До Шеругина оставалось чуть более чем два дня пути — если своим, не курьерским, ходом.
— Как я отвыкла спать в лесу, — сказала Моресна, устраиваясь на одеяле. — Раньше, когда жила у родителей, почти всё лето так проводила.
— Это ненадолго.
— Ты уверен, что до Шеругина можно будет спокойно доехать?
— В чём тут можно быть уверенным? Придётся спрашивать у местных. Опять же, если Шеругин заняли бунтовщики, будем придумывать другие варианты. Ничего. Найдём.
Жена смотрела на меня с тревогой.
— Думаешь, даже Шеругин могут захватить? Ведь это город Верховного судьи Империи, разве посмеют?
— Ну, столицы-то посмели тронуть, разве нет? Или нет? Что там вообще происходило?
— Не знаю. Я, честно говоря, едва услышала про «свержение власти», сразу решила, что надо бы к родителям. Пусть отец решает, что делать, он мужчина.
— А ты сама решать не хочешь?
— Зачем это мне? — удивилась Моресна. — Это не является сутью моего долга.
Я подивился тому, как странно на мой вкус и насколько естественно прозвучал её ответ. Вот она, загадка и разгадка их инности. В условиях стабильной жизни каждый из имперцев знает только круг своих обязанностей, не более того. Женщина обязана обустраивать дом, обихаживать мужчину, рожать и растить детей, если семья может себе это позволить, и не должна ни при каких обстоятельствах брать на свои плечи полную ответственность за собственную жизнь и жизни домочадцев.
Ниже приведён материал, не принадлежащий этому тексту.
//! The laws.
ghost use Rattle.std.specs.Prelude.{◌≡◌};
ghost use Rattle.cmd_schedule.specs.LineLists.{IsLineList};
ghost use Rattle.cmd_world.specs.Histories.{world_of};
ghost use Rattle.cmd_intents.specs.Files.{FileView, IsIntentFile};
ghost use Rattle.cmd_resolving.specs.Expansion.{as_schedule, watched_end};

/// A law: the lines that a file of intents stands for are a list of lines within the bounds of such lists, whatever becomes of
/// its intents. So what holds of each list holds of each file.
pub fn files_are_line_lists()
    ensures { (f : FileView) → IsIntentFile f → IsLineList (as_schedule f) }
{}

/// A law: a file comes to the world of the lines that it stands for, as of a schedule, though they were found along the way.
pub fn files_come_to_worlds_of_schedules()
    ensures { (f : FileView) → (watched_end f).world ≡ world_of (as_schedule f) }
{}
Такое было возможно разве что с полной сиротой, которую не приняли дальние родственники, и означало большое несчастье, лишения, даже, возможно, смерть.
Аштия, наверное, представляла собой единственную женщину в Империи, которая несла противоестественную для местной женщины ответственность. Госпожа Солор по-настоящему была сама себе хозяйкой, правила семьёй, Домом и владениями — и воспринимала свой жребий как проклятие.
Не имело смысла спорить с представлениями обитателей чужого мира об их жизни, об их взглядах на жизнь. Тем более что я и сам уже успел убедиться, каким сомнительным даром может оказаться свобода. Может быть, и власть при всей её лакомой привлекательности — минное поле, полное неведомых мне тягот и погибелей. Тут лучше прислушаться к голосу Аштии — она все эти хитрости постигла на практике.
Может, она права, и то положение, которое на протяжении трёх поколений занимают старшие женщины в её семье — проклятие? И дело, конечно, не в том, что они — женщины. Просто положение само по себе таково.